Awards in London (and his offstage performance as well) was pathetic. Why? Because
his stellar success and unreasonable expectations of the world have made it
impossible for him to live a happy life and to perform to his potential. His
performance was nothing more than a photo op - he sang a few lines of "We are the
World" against a playback of the original recording. His greatest currency now is
not his talent, but his celebrity. As one reviewer said, he is more of a celebrity
now than an artist. When that happens, only bad things follow: the stage is set
for him to be used and discarded by hangers-on just as he has used and discarded
the long list of benefactors and business associates and plain old sugar daddies
he seduced with his fame: billionaire supermarket magnate Ron Burkle, Prince
Alwaleed, the Bahraini royal family, Chuck Sullivan, promoter of the Victory tour,
and scads of others. I felt sad when he seemed to need to prop himself up and
remind us of his achievements when he stopped by the Guiness Book of World Records
to have his picture taken with his world record certificates. (See! Look at all
the records I broke!) I was embarrassed for him when he dragged his three children
into yet another fury of publicity generated for no other reason than to make
himself feel better about his waning stature. He has lived for so long in a world
cut off from reality that he is incapable of living a fulfilling life. You can see
it in his appearance and his demeanor across the past 20 years - he becomes more
and more remote and less capable of sustaining any meaningful interaction with
others. The true superstars of the moment do not need meaningless "Diamond" awards
to validate their achievements.
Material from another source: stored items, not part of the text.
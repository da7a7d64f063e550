// A page plane moved into the frame by page dot, for steep slopes, where columns next to each other move by different numbers of
// rows. A chunk of dots that are as added dots are lies at its places already and is passed over.
// Filling and moving the frame band by band was slower, since the page is then read in short parts, and so were narrower tiles.
ghost use Rattle.std.specs.Prelude.{◌≡◌, Bool, true, List, ℕ, ◌+◌, ◌≤◌, ◌<◌, length, get_or};
ghost use Rattle.memory.specs.rules.Words.{over};
ghost use Rattle.levelling.specs.rules.Planes.{levelled};
ghost use Rattle.levelling.specs.stages.Rooms.{PlaneFits};
ghost use Rattle.levelling.specs.stages.Moves.{partly, or_rows};
ghost use Rattle.levelling.specs.stages.Held.{frame_held, frame_moved, FitsPart, MovesHeld};

use crate::page_plane::PagePlane;
use memory::fill;

// The columns of a tile, and the most frame rows that one tile goes to at a time: more are slow to store to, which was measured.
const TILE: usize = 1024;

// The dots of a chunk, and of a quarter of one: what is blank is found by its known length, without a loop.
const CHUNK: usize = 64;

const QUARTER: usize = 16;

// A part of a page row: n dots of row y, from column c on.
#[derive(Clone, Copy, Debug, PartialEq, Eq)]
struct Part {
    y: usize,
    c: usize,
    n: usize,
}

// A way to move a part of a page row: each dot that is not as added dots are goes to its place.
trait Way {
    fn move_part(&self, plane: &PagePlane, part: Part, out: &mut [u8])
        requires fits { FitsPart plane.now part out.old }
        ensures { MovesHeld plane.now part out.old out.new };
}

// Dot by dot.
#[derive(Clone, Copy, Debug, PartialEq, Eq)]
struct Dots;

// Piece by piece of N dots, the finer way. A piece of dots that are as added dots are lies at its places already.
#[derive(Drop)]
struct Pieces<const N: usize, W> {
    finer: W,
    ghost some: { 0 < N },
}

impl PagePlane<'_> {
    // The plane moved into the frame, tile by tile, or at once where the shear adds few rows.
    pub fn level_by_tiles(&self, out: &mut [u8])
        requires { PlaneFits (frame_held self.now) self.now.page.now out.old }
        ensures { out.new ≡ over (levelled (frame_held self.now) self.now.fill self.now.page.now) out.old }
    {
        let page_w = self.sides.page_w;
        let dots = self.sides.w * self.sides.h;
        fill(&mut out[..dots], self.fill);
        if self.sides.h - self.sides.page_h <= TILE {
            self.move_tile(0, page_w, out);
            return;
        }
        for tile in 0..page_w.div_ceil(TILE) {
            let c = tile * TILE;
            self.move_tile(c, TILE.min(page_w - c), out);
        }
    }

    // The n columns from c on, page row by page row.
    fn move_tile(&self, c: usize, n: usize, out: &mut [u8])
        requires planes { PlaneFits (frame_moved self.now) self.now.page.now out.old }
        requires inside { c + n ≤ self.now.sides.page_w }
        ensures { (done : ℕ → Bool) (s : List ℕ) → out.old ≡ partly (frame_moved self.now) self.now.fill self.now.page.now done s → out.new ≡ partly (frame_moved self.now) self.now.fill self.now.page.now (or_rows done self.now.sides.page_w c n self.now.sides.page_h) s }
    {
        let way = Pieces::<CHUNK, Pieces<QUARTER, Dots>> {
            finer: Pieces { finer: Dots },
        };
        // a copy, which no store to `out` can change: its fields are read once
        let plane = *self;
        for y in 0..plane.sides.page_h {
            way.move_part(&plane, Part { y, c, n }, out);
        }
    }
}

impl Way for Dots {
    fn move_part(&self, plane: &PagePlane, part: Part, out: &mut [u8]) {
        let from = part.y * plane.sides.page_w;
        for i in 0..part.n {
            let column = part.c + i;
            let dot = plane.page[from + column];
            if dot != plane.fill {
                let r = part.y + plane.shear[column] as usize;
                let x = column + plane.shear_x[r] as usize;
                out[r * plane.sides.w + x] = dot;
            }
        }
    }
}

impl<const N: usize, W: Way> Way for Pieces<N, W> {
    fn move_part(&self, plane: &PagePlane, part: Part, out: &mut [u8]) {
        let row = part.y * plane.sides.page_w;
        let whole = part.n / N;
        for piece in 0..whole {
            let c = part.c + piece * N;
            let from = row + c;
            if !all_equal(&plane.page[from..from + N], plane.fill) {
                self.finer
                    .move_part(plane, Part { y: part.y, c, n: N }, out);
            }
        }
        let done = whole * N;
        let rest = Part {
            y: part.y,
            c: part.c + done,
            n: part.n - done,
        };
        Dots.move_part(plane, rest, out);
    }
}

// Whether every byte is v: no early end, so that the machine looks at many at once.
fn all_equal(part: &[u8], v: u8) -> bool
    ensures { result ≡ true → (i : ℕ) → i < length part.now → get_or part.now i 0 ≡ v }
{
    let mut equal = true;
    for x in part {
        equal &= *x == v;
    }
    equal
}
Michael Jackson is scarred by years of self-abuse
and abuse at the hands of others, his family, friends, and employees. So I feel
bad for him, but I also feel embarrassed for him and sad that his talent and
energy seems to have been overcome by celebrity so great that it became a black
hole, into which everything has been subsumed: his fortune, his family, his
artistry, his identity. If you look closely, you will see. And if not today, in a
few years, as the inevitable slide into desperate obscurity continues.